Das ist natürlich die beste Lösung.

@multimolti: Könnte es daran liegen, dass mehrere Elementer bei dir die selbe ID haben? IDs müssen im ganzen Dokument *einmalig* sein.


----------



## multimolti (17. Juli 2007)

Habe das mal versucht, aber da passiert einfach gar nichts. Was sollte denn passieren? Soll sich das wieder in eine Input-Feld verwandeln oder was?



Master of Chess hat gesagt.:


> Das ist natürlich die beste Lösung.
> 
> @multimolti: Könnte es daran liegen, dass mehrere Elementer bei dir die selbe ID haben? IDs müssen im ganzen Dokument *einmalig* sein.

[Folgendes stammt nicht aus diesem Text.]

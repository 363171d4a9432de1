// How pieces go before they are passed.
ghost use Rattle.std.specs.Prelude.{◌≡◌, ℕ, List, [], ◌∷◌, Some, IsSome};
ghost use Rattle.alternate_vector.specs.Alternates.{Stored};
ghost use Rattle.cyclone.specs.Cyclone.{SameButRows};
ghost use Rattle.cache_model.specs.State.{State, state_after, vector_piece};
ghost use Rattle.cache_model.specs.Verdict.{live_vector_of, vector_of};
ghost use Rattle.cache_model.specs.declared.record.Rec.TheVariants.{Committed, Damaged, Removed};
ghost use Rattle.held_pieces.specs.Held.{IsHeld};
ghost use Rattle.held_pieces.specs.Records.{IsWithout};
ghost use Rattle.cache_model.specs.Contents.{AnyContents};

use crate::{Pieces, records};
use alternate_vector::Vector;
use cache_chronicle::Chronicle;
use dir_table::Directory;
use logged_disk::Disk;
use tape_base::{Digest, Key, PieceId};

impl<D: Disk, R: Directory + Drop, C: Chronicle> Pieces<D, R, C> {
    ghost use Rattle.held_pieces.specs.Whereabouts.{live_place_of};
    ghost use Rattle.stripe_pieces.specs.Pieces.{ArePieces, seen_now, state_now};
    ghost use Rattle.stripe_pieces.specs.Calls.{AddsRecords, ArePrepared};

    /// Records that the bytes of a live piece are not its own, and takes its entry out.
    pub fn damage(&mut self, id: PieceId, place: u64, kept: Digest, found: Digest)
        requires ready { ArePrepared 1 0 self.old }
        requires live { live_place_of (state_now self.old) id ≡ Some place }
        ensures keeps { AddsRecords AnyContents (Damaged id place kept found ∷ []) 1 0 self.old self.new }
        ensures rest { SameButRows (seen_now self.old) (seen_now self.new) }
    {
        self.cyclone.take_out(id, place);
        records::damaged(&mut self.chronicle, id, place, kept, found);
    }

    /// Takes the entry of a piece out, where it is live. What is held then is what any state says
    /// that has the pieces without this one.
    fn take_entry(&mut self, id: PieceId)
        requires pieces { ArePieces self.old }
        ensures gone { (t : State) → IsWithout (state_now self.old) t id
            → IsHeld t (seen_now self.new) }
        ensures chronicle { self.new.chronicle ≡ self.old.chronicle }
        ensures rest { SameButRows (seen_now self.old) (seen_now self.new) }
    {
        if let Some(place) = self.whereabouts(id) {
            self.cyclone.take_out(id, place);
        }
    }

    /// Takes the vector of a key out, where that is not the put's own.
    fn take_earlier(&mut self, put: u64, key: Key)
        requires pieces { ArePieces self.old }
        ensures held { (length : ℕ) (list : List Stored)
            → IsHeld (state_after (state_now self.old) (Committed put key length list))
            (seen_now self.new) }
        ensures chronicle { self.new.chronicle ≡ self.old.chronicle }
        ensures rest { SameButRows (seen_now self.old) (seen_now self.new) }
    {
        match self.chronicle.vector_of(key) {
            Some(earlier) if earlier.put != put => self.take_entry(earlier),
            Some(_) => {}
            None => {}
        }
    }

    /// Records that a put of so many bytes is complete, and what its vector lists. The key's vector
    /// before it goes.
    pub fn commit(&mut self, put: u64, key: Key, length: u64, alternates: Vector)
        requires { ArePrepared 1 0 self.old }
        ensures { AddsRecords AnyContents (Committed put key length alternates ∷ []) 1 0 self.old
            self.new }
    {
        self.take_earlier(put, key);
        records::committed(&mut self.chronicle, put, key, length, alternates);
    }

    /// Records that a key's live vector was removed, takes it out, and gives its put.
    pub fn remove(&mut self, key: Key) -> u64
        requires ready { ArePrepared 1 0 self.old }
        requires live { IsSome (live_vector_of (state_now self.old) key) }
        ensures keeps { AddsRecords AnyContents (Removed result key ∷ []) 1 0 self.old self.new }
        ensures put { vector_of (state_now self.old) key ≡ Some (vector_piece key result) }
    {
        let vector = self.chronicle.vector_of(key).unwrap();
        self.take_entry(vector);
        records::removed(&mut self.chronicle, vector.put, key);
        vector.put
    }
}
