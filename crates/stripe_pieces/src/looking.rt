// What a flush is to copy ahead of the cursor is found, and what the budget keeps of it is read into
// memory.
ghost use Rattle.std.specs.Prelude.{◌≡◌, ◌*◌, ◌≤◌, ◌<◌, ℕ, List, length, take};
ghost use Rattle.tape_base.specs.Geometry.{budget_of};
ghost use Rattle.evacuator.specs.Choice.{CandidatesRise, IsChoice, blocks_of_all};
ghost use Rattle.cache_model.specs.State.{Row};
ghost use Rattle.stripe_actors.specs.Actors.{AreActors};
ghost use Rattle.cache_model.specs.Due.{candidate_of};
ghost use Rattle.piece_answers.specs.Ahead.{IsMadeFor, LooksAhead};
ghost use Rattle.piece_answers.specs.Looks.{AreOfRows, Comes, HasCandidates, HasLookedAhead, HasRow, IsJudgedAs, IsNextToLook, LooksAt, MayBeCopied, StaysMade};

use crate::Pieces;
use crate::finding::load;
use cache_chronicle::Chronicle;
use dir_table::Directory;
use doc_header::document_digest;
use evacuator::{Candidate, choose};
use logged_disk::Disk;
use piece_answers::{Ahead, Fate};
use stripe_actors::Actors;
use stripe_due::find_due;
use tape_base::BLOCK;

impl<D: Disk, R: Directory + Drop, C: Chronicle> Pieces<D, R, C> {
    ghost use Rattle.stripe_pieces.specs.Pieces.{ArePieces, seen_now, state_now};
    ghost use Rattle.stripe_pieces.specs.Calls.{OnlyReads};

    /// Finds what is due at a moment, and reads what the budget keeps of it.
    pub(crate) fn look_ahead(&mut self, now: u64, actors: &Actors, ahead: &mut Ahead)
        requires pieces { ArePieces self.old }
        requires actors { AreActors (state_now self.old) actors.now }
        requires ahead { IsMadeFor (state_now self.old).geometry ahead.old }
        ensures keeps { OnlyReads self.old self.new }
        ensures ahead { IsMadeFor (state_now self.old).geometry ahead.new }
        ensures looks { LooksAhead now (state_now self.old) (seen_now self.old).device
            (seen_now self.new).device ahead.new }
    {
        let next = self.cyclone.next_floor();
        let budget = self.cyclone.geometry().agg / 2;
        find_due(
            &self.chronicle,
            actors,
            self.cyclone.floor(),
            next,
            now,
            &mut ahead.due,
        );
        mark_kept(&ahead.due, budget, &mut ahead.kept);
        self.read_kept(ahead);
    }

    // Reads the pieces that are kept, one behind the other into memory, and notes what came of each.
    fn read_kept(&mut self, ahead: &mut Ahead)
        requires pieces { ArePieces self.old }
        requires candidates { HasCandidates (state_now self.old) ahead.old }
        requires choice { IsChoice (budget_of (state_now self.old).geometry)
            (blocks_of_all ahead.old.due.items)
            (take (length ahead.old.due.items) ahead.old.kept.items) }
        ensures keeps { OnlyReads self.old self.new }
        ensures made { StaysMade (state_now self.old).geometry ahead.old ahead.new }
        ensures looked { (rows : List Row) → AreOfRows (state_now self.old) ahead.old.due.items rows
            → (end : ℕ) × HasLookedAhead (state_now self.old) (seen_now self.old).device
            (seen_now self.new).device rows end ahead.new }
    {
        ahead.fates.clear();
        let mut at = 0;
        for i in 0..ahead.due.len() {
            at = self.look_at(i, at, ahead);
        }
    }

    // Reads a piece behind those before it, if it is kept, and notes what came of it.
    fn look_at(&mut self, i: usize, at: usize, ahead: &mut Ahead) -> usize
        requires pieces { ArePieces self.old }
        requires candidates { HasCandidates (state_now self.old) ahead.old }
        requires next { IsNextToLook (state_now self.old) i at ahead.old }
        ensures keeps { OnlyReads self.old self.new }
        ensures made { StaysMade (state_now self.old).geometry ahead.old ahead.new }
        ensures looks { LooksAt (state_now self.old) (seen_now self.old).device
            (seen_now self.new).device i at result ahead.old ahead.new }
    {
        if !ahead.kept[i] {
            ahead.fates.push(Fate::NoRoom).unwrap();
            return at;
        }
        let candidate = ahead.due[i];
        let end = at + candidate.blocks as usize;
        let fate = self.read_ahead(candidate, &mut ahead.bytes[at * BLOCK..end * BLOCK]);
        ahead.fates.push(fate).unwrap();
        end
    }

    // Reads a piece that is to be copied, and compares it with its digest.
    fn read_ahead(&mut self, candidate: Candidate, into: &mut [u8]) -> Fate
        requires pieces { ArePieces self.old }
        requires row { HasRow (state_now self.old) candidate }
        requires into { length into.old ≡ 512 * candidate.blocks }
        ensures keeps { OnlyReads self.old self.new }
        ensures comes { (row : Row) → candidate ≡ candidate_of row
            → MayBeCopied (state_now self.old) row
            → Comes (state_now self.old) (seen_now self.old).device
            (seen_now self.new).device row result into.new }
    {
        match load(&mut self.cyclone, candidate.place, candidate.blocks, into) {
            Ok(()) => self.compare(candidate, into),
            Err(_) => Fate::Refused {
                count: self.cyclone.disk().faults(),
            },
        }
    }

    fn compare(&self, candidate: Candidate, bytes: &[u8]) -> Fate
        requires row { HasRow (state_now self.now) candidate }
        requires some { 0 < length bytes.now }
        ensures { (row : Row) → candidate ≡ candidate_of row → MayBeCopied (state_now self.now) row
            → IsJudgedAs row bytes.now result }
    {
        let piece = self.chronicle.live_of(candidate.id).unwrap();
        let found = document_digest(bytes);
        if found == piece.digest {
            Fate::Copied {
                pinned: piece.pin != 0,
            }
        } else {
            Fate::Spoiled {
                kept: piece.digest,
                found,
            }
        }
    }
}

// Marks in front of `kept` which of the pieces the budget keeps.
fn mark_kept(due: &[Candidate], budget: u32, kept: &mut [bool])
    requires rising { CandidatesRise due.now }
    requires few { length due.now ≤ length kept.old }
    ensures choice { IsChoice budget (blocks_of_all due.now) (take (length due.now) kept.new) }
{
    choose(due, budget, &mut kept[..due.len()]);
}
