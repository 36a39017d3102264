//! How candidates are counted.

ghost use Rattle.std.specs.Prelude.{◌≡◌};
ghost use Rattle.std.specs.FinMap as map;
ghost use Rattle.wot_types.specs.Candidates.{RowMap, count_of};
ghost use Rattle.wot_types.specs.Explanation.{are_candidates, count_by_trust};
ghost use Rattle.wot_types.specs.Selection.{Spot};
ghost use Rattle.wot_types.specs.State.{State};

/// The count of the candidates for a user ID is that of their rows by trust, which an explanation prints.
pub fn counts_agree()
    ensures { (s : State) (rows : RowMap) (spot : Spot) → count_of s spot rows ≡ count_by_trust (map.values (map.retain_keys rows (are_candidates s rows spot))) }
{}
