//! A TCP listener as a door.
ghost use Rattle.std.specs.Prelude.{◌≡◌, ◌≤◌, None};

use crate::TcpLink;
use ixp_io::{Door, Failed};
use std::net::{Ipv4Addr, SocketAddr, SocketAddrV4, TcpListener};
use std::thread;
use std::time::Duration;

/// How often the next link is tried.
const TRIES: u32 = 600;

/// How many milliseconds pass between two tries.
const PAUSE_MILLIS: u64 = 100;

/// How many seconds a read waits for a silent peer.
const LINK_SECONDS: u64 = 60;

/// How many seconds a read waits for a silent peer on a link of a further door: a minute longer than the hour
/// after which a router asks again (RFC 8210 section 6).
const PATIENT_SECONDS: u64 = 3660;

/// The door of the machine itself, at 127.0.0.1. It doesn't tell how many links it gave. A read of its links
/// waits for a minute, and one of a further door's links for an hour and a minute.
///
/// A connection that its peer has given up already, or for which the system has no descriptor or memory left,
/// is no fault yet: the next one is tried for about a minute, in which each silent link meets its limit.
#[derive(Drop)]
pub struct TcpDoor {
    rt: HostRuntime,
    listener: Option<TcpListener>,
    read_seconds: u64,
    faults: u64,
}

// What listens at the port of 127.0.0.1, where nothing else has it.
fn listener_at(rt: &HostRuntime, port: u16) -> Option<TcpListener> {
    let at = SocketAddr::V4(SocketAddrV4::new(Ipv4Addr::LOCALHOST, port));
    TcpListener::bind(rt, at).ok()
}

impl TcpDoor {
    /// A door that doesn't listen yet.
    pub fn new(rt: &HostRuntime) -> TcpDoor
        ensures { ⟦<TcpDoor as Door>⟧.faults result ≡ 0 }
    {
        TcpDoor {
            rt: *rt,
            listener: None,
            read_seconds: LINK_SECONDS,
            faults: 0,
        }
    }

    // The next link, where one comes at this try.
    fn next(&self, listener: &TcpListener) -> Option<TcpLink> {
        let (stream, _) = listener.accept().ok()?;
        TcpLink::over(&self.rt, stream, self.read_seconds)
    }

    // The next link.
    fn try_next(&self) -> Option<TcpLink> {
        let listener = self.listener.as_ref()?;
        for _ in 0..TRIES {
            if let Some(link) = self.next(listener) {
                return Some(link);
            }
            thread::sleep(&self.rt, Duration::from_millis(PAUSE_MILLIS));
        }
        None
    }
}

impl Door for TcpDoor {
    type Link = TcpLink;

    ghost links = { λ _. None };

    ghost faults = { λ door. door.faults };

    fn listen(&mut self, port: u16) -> Result<(), Failed> {
        match listener_at(&self.rt, port) {
            Some(listener) => {
                self.listener = Some(listener);
                Ok(())
            }
            None => {
                self.faults = self.faults.saturating_add(1);
                Err(Failed)
            }
        }
    }

    fn accept(&mut self) -> Result<TcpLink, Failed> {
        match self.try_next() {
            Some(link) => Ok(link),
            None => {
                self.faults = self.faults.saturating_add(1);
                Err(Failed)
            }
        }
    }

    fn second(&mut self, port: u16) -> Result<TcpDoor, Failed> {
        match listener_at(&self.rt, port) {
            Some(listener) => Ok(TcpDoor {
                rt: self.rt,
                listener: Some(listener),
                read_seconds: PATIENT_SECONDS,
                faults: 0,
            }),
            None => {
                self.faults = self.faults.saturating_add(1);
                Err(Failed)
            }
        }
    }
}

Ja, es haben viele Elemente die gleiche ID, aber die ist nur drin, weil das in dem Post vorher auch gemacht war. Ich kann die einfach rausnehmen, ich brauche die nicht. Und warum dürfen die nur einmalig sein? Wenn ich mit CSS etwas formatiere, dann kann ich das ja auch über die class oder die id zuweisen, und da benutze ich die id mehrmals!

EDIT:
Mein Firebug sagt bei jedem klick auf den Abbrechen-Button:
"lastobj has no properties, [Break on this error] lastobj = lastobj.previousSibling;"


----------



## Master of Chess (18. Juli 2007)

IDs dürfen nur einmalig sein, da das die Regeln und Definitionen von HTML so vorschreiben!! Welches Objekt sollte sonst denn auch die Funktion getElementById zurückliefern? Es heißt ja auch nicht getElement*s*ById(). Wenn du bei CSS mehrere identische IDs verwendest, ist das genauso falsch - dafür ist das Attribut _class_ gedacht. Und wie man sieht, verursacht das mehrfache Verwenden von IDs durchaus Fehler und sollte somit auf jeden Fall vermieden werden.

Schönen Tag noch
Master of Chess


----------



## coder shawnie (17. November 2008)

Gumbo hat gesagt.:


> Hier eine Nur-JavaScript-Variante:
> 
> 
> 
> ...



Der Beitrag ist nun zwar schon etwas länger her, aber ich suche seit fast einer Woche nach einer Lösung für mein Problem, wo ich nicht weiter kam und fand sie in dem Vorschlag von Gumbo. Danke an dieser Stelle ;o)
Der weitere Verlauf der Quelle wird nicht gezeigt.